Project lookup (run-time data) and about-Yao depth (when the system-prompt facts aren't enough), all pure functions running against existing portfolio data:

Tool	Purpose
`listProjects(category?)`	List my projects, optionally filtered to AR/MR / WEB / INSTALLATION / SELECTEDWORK.
`getProject(slug)`	Full detail for one project — role, collaborator, year, platform, etc.
`searchProjects(query)`	Substring search, top 5.
`getBio` / `getSnapShipped` / `getSnapMCP` / `getPreviousWork` / `getAIPractice` / `getRecognition`	Topic-split bio depth. The model picks the smallest one.

When a tool returns project summaries, the chat scene renders them as clickable 3D cards floating around me — not text. They animate out from where I'm standing, and click-through opens the project page in a new tab so the chat survives the navigation.

12. What I learned

The build surfaced a few things that didn't fit my original mental model:

First-token latency is the only metric that matters. I tuned token throughput, then realized nobody cares — what they notice is the gap between hitting Send and seeing the first character. Cut that from ~6s to ~1.5s by trimming the about-context bundle (5k input → ~1k), splitting one mega getAbout tool into 6 focused slices, then inlining the most-asked facts into the system prompt so identity questions answer with zero tool calls. Capped MAX_TOOL_ITERATIONS at 2 so the model can't chain three tools "to be thorough" before answering.
The chat became a navigation surface. I designed it to answer questions; in testing I caught myself using it to find projects ("show me your AR work" → cards → click). The clickable-3D-cards pattern turned out to be the load-bearing feature, not a tool-call side effect.
Cartoon style fixed the "AI uncanny" problem. First prototype was photoreal-ish — felt creepy when the figure spoke. Toon-shaded bust with a chunky outline reads as illustration, which gave permission for the bust to be expressive (lean, sway, slump) without falling into uncanny-valley territory.
Caching that doesn't fit your model is worse than no caching. Spent half a day implementing Gemini context caching before discovering Gemma 4 doesn't support the endpoint (despite the pricing page suggesting otherwise — confirmed by 404 from the API). Right move was to optimize what did work: smaller context, finer tools, tighter iteration cap.
Status mapped to character behavior reads better than spinners. When Yao leans in on loading and slumps on rate_limited, the visitor reads system state as personality. Felt more honest than a generic spinner — and didn't need a separate UI surface for "what's happening right now."

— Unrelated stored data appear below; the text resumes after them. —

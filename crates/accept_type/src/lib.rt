// One flat pass over the words of a type that accepts or refuses it, for those who ask for no text: the measuring pass without lengths.
#![tactic(auto)]

ghost use Rattle.std.specs.Prelude.{◌≡◌, ◌-◌, ◌^◌, ◌≤◌, ◌<◌, length};
ghost use Rattle.encoding.specs.Words.{plain_kinds, max_words, max_depth};
ghost use Rattle.encoding.specs.Reading.{read_word, read_below};
ghost use Rattle.encoding.specs.Tables.{name_bytes, name_count};
ghost use Rattle.encoding.specs.Tested.{Good};
ghost use Rattle.encoding.specs.Heads.{path_head, head_after, read_head};
ghost use Rattle.encoding.specs.Scans.{ended};
ghost use Rattle.encoding.specs.Types.{read_type, type_at};
ghost use Rattle.encoding.specs.declared.Head.TheVariants.{Name, Apply, Tuple, Function, ArrayOf, Meta};
ghost use Rattle.text_measure.specs.Lengths.{worded, names_path, head_of_path};
ghost use Rattle.text_measure.specs.Levels.{leaving, beside, under, pushed, Outward, Kept, Stepped};
ghost use Rattle.accept_type.specs.Walks.{Scanned, pass_of, pass_levels, pass_step};

use encoding::words::{
    ARRAY, BORROWED, BORROWED_MUT, DYN_TYPE, FLAGS, FN_TYPE, IMPL_TYPE, INTERSECTION_TYPE,
    MAX_DEPTH, PLAIN_KINDS, ROOTS, T_IDENTIFIER, T_META_DATA, T_SYNONYM, TUPLE_TYPE, TYPE_APP,
    TYPE_FROM_PATH,
};
use encoding::{PathAt, Refusal};

// A head: where its own words end, and if types follow, how many.
#[derive(Clone, Copy, Debug, PartialEq, Eq)]
enum Own {
    Leaf(usize),
    Node { next: usize, kids: u64 },
}

// A pass that has come to `place`: `due` types are still to be read at the innermost of `depth` open levels. Levels are kept as `text_measure` keeps them.
#[derive(Clone, Copy, Debug, PartialEq, Eq)]
struct TypeWalk {
    place: usize,
    depth: usize,
    due: u64,
}

// What a step comes to: a further walk, or the end.
#[derive(Clone, Copy, Debug, PartialEq, Eq)]
enum Step {
    On(TypeWalk),
    Ended(usize),
}

// A name's head, from the words behind its kind; the heads below likewise.
fn own_name(words: &[u32], bound: usize, at: usize) -> Result<Own, Refusal>
    ensures { Scanned (worded Name (read_below bound words.now at)) result }
{
    let (_, next) = encoding::scan_below(words, bound, at)?;
    Ok(Own::Leaf(next))
}

// The head of a path, from its names.
fn own_names(words: &[u32], bound: usize, path: PathAt) -> Result<Own, Refusal>
    requires { (length words.now ≤ max_words) × (path.start ≤ length words.now) }
    ensures { Scanned (head_of_path (names_path bound words.now path)) result }
{
    let end = path.start + path.count as usize;
    for i in path.start..end {
        encoding::scan_below(words, bound, i)?;
    }
    Ok(Own::Leaf(end))
}

// A path's head.
// Kept: `encoding::scan_path` has more call sites, and docs/SPEED.md measured what such calls cost in a pass over heads (not tried here).
fn own_path(words: &[u32], bound: usize, at: usize) -> Result<Own, Refusal>
    requires { length words.now ≤ max_words }
    ensures { Scanned (path_head bound words.now at) result }
{
    let (root, p) = encoding::scan_below(words, ROOTS, at)?;
    let (count, start) = encoding::scan_word(words, p)?;
    own_names(words, bound, PathAt { root, start, count })
}

// A head whose own word says how many types follow, beside one more: a type's arguments, a function's parameters.
fn own_more(words: &[u32], at: usize) -> Result<Own, Refusal>
    ensures { Scanned (worded Apply (read_word words.now at)) result × Scanned (worded Function (read_word words.now at)) result }
{
    let (value, next) = encoding::scan_word(words, at)?;
    let kids = text_measure::cut(value) + 1;
    Ok(Own::Node { next, kids })
}

// A tuple's head.
fn own_tuple(words: &[u32], at: usize) -> Result<Own, Refusal>
    ensures { Scanned (worded Tuple (read_word words.now at)) result }
{
    let (value, next) = encoding::scan_word(words, at)?;
    if value == 0 {
        return Ok(Own::Leaf(next));
    }
    let kids = text_measure::cut(value);
    Ok(Own::Node { next, kids })
}

// A head with one own word and one type: an array's, by its size, and that of metadata, by its flags.
fn own_one(words: &[u32], bound: usize, at: usize) -> Result<Own, Refusal>
    ensures { Scanned (worded ArrayOf (read_below bound words.now at)) result × Scanned (worded Meta (read_below bound words.now at)) result }
{
    let (_, next) = encoding::scan_below(words, bound, at)?;
    Ok(Own::Node { next, kids: 1 })
}

// The head of kind `w`, no plain type, whose further words begin at `at`.
fn own_after(words: &[u32], bound: usize, w: u32, at: usize) -> Result<Own, Refusal>
    requires { (plain_kinds ≤ w) × (bound < 2 ^ 63) × (length words.now ≤ max_words) }
    ensures { Scanned (head_after bound words.now w at) result }
{
    match w {
        T_IDENTIFIER => own_name(words, bound, at),
        TYPE_FROM_PATH => own_path(words, bound, at),
        TYPE_APP => own_more(words, at),
        BORROWED => Ok(Own::Node { next: at, kids: 1 }),
        BORROWED_MUT => Ok(Own::Node { next: at, kids: 1 }),
        IMPL_TYPE => Ok(Own::Node { next: at, kids: 1 }),
        DYN_TYPE => Ok(Own::Node { next: at, kids: 1 }),
        TUPLE_TYPE => own_tuple(words, at),
        FN_TYPE => own_more(words, at),
        INTERSECTION_TYPE => Ok(Own::Node { next: at, kids: 2 }),
        ARRAY => own_one(words, bound + 1, at),
        T_SYNONYM => Ok(Own::Node { next: at, kids: 2 }),
        T_META_DATA => own_one(words, FLAGS, at),
        _ => Err(Refusal::UnknownWord),
    }
}

// The head at `at`.
fn scan_own(words: &[u32], bound: usize, at: usize) -> Result<Own, Refusal>
    requires { (bound < 2 ^ 63) × (length words.now ≤ max_words) }
    ensures { Scanned (read_head bound words.now at) result }
{
    if words.len() <= at {
        return Err(Refusal::EndsEarly);
    }
    let w = words[at];
    if w < PLAIN_KINDS {
        return Ok(Own::Leaf(at + 1));
    }
    own_after(words, bound, w, at + 1)
}

// The walk behind the innermost level: the one around it is taken up.
fn leave(levels: &[u16; MAX_DEPTH], walk: TypeWalk) -> TypeWalk
    requires { (0 < walk.depth) × (walk.depth ≤ max_depth) }
    ensures { (pass_of result ≡ leaving (pass_levels levels.now) (pass_of walk)) × (result.due < 2 ^ 15) }
{
    let above = walk.depth - 1;
    let level = levels[above];
    TypeWalk {
        place: walk.place,
        depth: above,
        due: text_measure::level_due(level),
    }
}

// The walk behind all levels that have ended.
fn settle(levels: &[u16; MAX_DEPTH], walk: TypeWalk) -> TypeWalk
    requires { (walk.depth ≤ max_depth) × (walk.due ≤ 2 ^ 15) }
    ensures { Outward (pass_levels levels.now) (pass_of walk) (pass_of result) × (result.due ≡ 0 → result.depth ≡ 0) }
{
    let mut p = walk;
    // Kept: the new form is no plainer, since how far out it goes is known only level by level.
    while p.due == 0 {
        if p.depth == 0 {
            return p;
        }
        p = leave(levels, p);
    }
    p
}

// The walk behind a head that ends at `next`, one level down.
fn enter(levels: &mut [u16; MAX_DEPTH], walk: TypeWalk, next: usize, kids: u64) -> TypeWalk
    requires { (0 < walk.due) × (walk.due ≤ 2 ^ 15) × (walk.depth < max_depth) }
    ensures { (pass_of result ≡ under (pass_of walk) next kids 0 0) × (pass_levels levels.new ≡ pushed (pass_levels levels.old) (pass_of walk)) }
{
    let depth = walk.depth;
    levels[depth] = (2 * (walk.due - 1)) as u16;
    TypeWalk {
        place: next,
        depth: depth + 1,
        due: kids,
    }
}

// The walk behind a head that ends at `next` with no type behind it.
fn past_leaf(walk: TypeWalk, next: usize) -> TypeWalk
    requires { 0 < walk.due }
    ensures { pass_of result ≡ beside (pass_of walk) next 0 }
{
    TypeWalk {
        place: next,
        depth: walk.depth,
        due: walk.due - 1,
    }
}

// How many levels are open where the deepest types stand.
const DEEPEST: usize = MAX_DEPTH - 1;

// One step of the pass: a head, and the levels that end with it. The types behind a head may be too deep: this is tested where a level opens, and so not at each head.
fn advance(
    words: &[u32],
    pairs: &[u32],
    text: &[u8],
    bound: usize,
    levels: &mut [u16; MAX_DEPTH],
    walk: TypeWalk,
) -> Result<Step, Refusal>
    requires { (bound ≡ name_count pairs.now) × Good pairs.now text.now × (length words.now ≤ max_words)
        × Kept words.now (pass_levels levels.old) (pass_of walk) }
    ensures { Stepped words.now pairs.now text.now (pass_levels levels.old) (pass_of walk) (pass_levels levels.new) (pass_step result) }
{
    match scan_own(words, bound, walk.place)? {
        Own::Leaf(next) => {
            let p = settle(levels, past_leaf(walk, next));
            if p.due == 0 {
                return Ok(Step::Ended(p.place));
            }
            Ok(Step::On(p))
        }
        Own::Node { next, kids } => {
            if walk.depth == DEEPEST {
                return Err(Refusal::TooDeep);
            }
            Ok(Step::On(enter(levels, walk, next, kids)))
        }
    }
}

// Where the type at `at` ends, or the refusal that is met first. `inside` types stand around it: it may be so much less deep. The steps are lent a copy of the slice,
// since one that is only read here is handed over in registers.
pub fn accept_type(
    words: &[u32],
    pairs: &[u32],
    text: &[u8],
    at: usize,
    inside: usize,
) -> Result<usize, Refusal>
    requires { Good pairs.now text.now × (length words.now ≤ max_words) × (inside < max_depth) }
    ensures { result ≡ ended (read_type (name_count pairs.now) words.now (name_bytes pairs.now text.now) (max_depth - inside) at) }
{
    let all = words;
    if words.len() < at {
        return Err(Refusal::EndsEarly);
    }
    let bound = encoding::name_count(pairs);
    let mut levels = [0u16; MAX_DEPTH];
    let mut walk = TypeWalk {
        place: at,
        depth: inside,
        due: 1,
    };
    // Kept: no plainer as a `for`, since no range is counted: a turn reads a head, and `advance` says which is the last.
    loop {
        // Kept: the refusal as an arm; with `?` the compiler lays the loop out otherwise, and lists of plain types take half as long again.
        match advance(all, pairs, text, bound, &mut levels, walk) {
            Ok(Step::On(p)) => {
                walk = p;
            }
            Ok(Step::Ended(next)) => {
                return Ok(next);
            }
            Err(r) => {
                return Err(r);
            }
        }
    }
}

// Where the type at `at` ends. A plain type is one word.
pub fn scan_type(words: &[u32], pairs: &[u32], text: &[u8], at: usize) -> Result<usize, Refusal>
    requires { Good pairs.now text.now × (length words.now ≤ max_words) }
    ensures { result ≡ ended (type_at words.now pairs.now text.now at) }
{
    if words.len() <= at {
        return Err(Refusal::EndsEarly);
    }
    if words[at] < PLAIN_KINDS {
        return Ok(at + 1);
    }
    accept_type(words, pairs, text, at, 0)
}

When the page goes live I'll backfill metrics here: most-asked question patterns, card click-through, abuse-attempt frequency, anything that surprised me. For now this is an honest "what I'd be measuring" placeholder.

13. What I'd change

A few things I deliberately didn't do, in case you're curious:

No conversation persistence. Refresh wipes the chat. Persistence implies the chat is for ongoing relationship-building, which it isn't.
No history scrollback. Each new question replaces the screen.
No user accounts. No reason to gate this.
Mobile is degraded, not denied. The 3D scene still renders on phones at lower fidelity rather than falling back to a text-only chat. The scene is the point.
Abuse protection is the platform's default. No app-level rate limit. AI Studio's 429 surfaces as "Yao's taking a break — back in 5 min" and the input disables until the timer's up.

Things I'd revisit if this gets traction:

Voice input (Web Speech API → text → same pipeline).
A "show me your work in [year]" tool — easy to add since frontmatter.date is already in the model.
Streaming the project-card layout server-side so they can render before the full tool result arrives.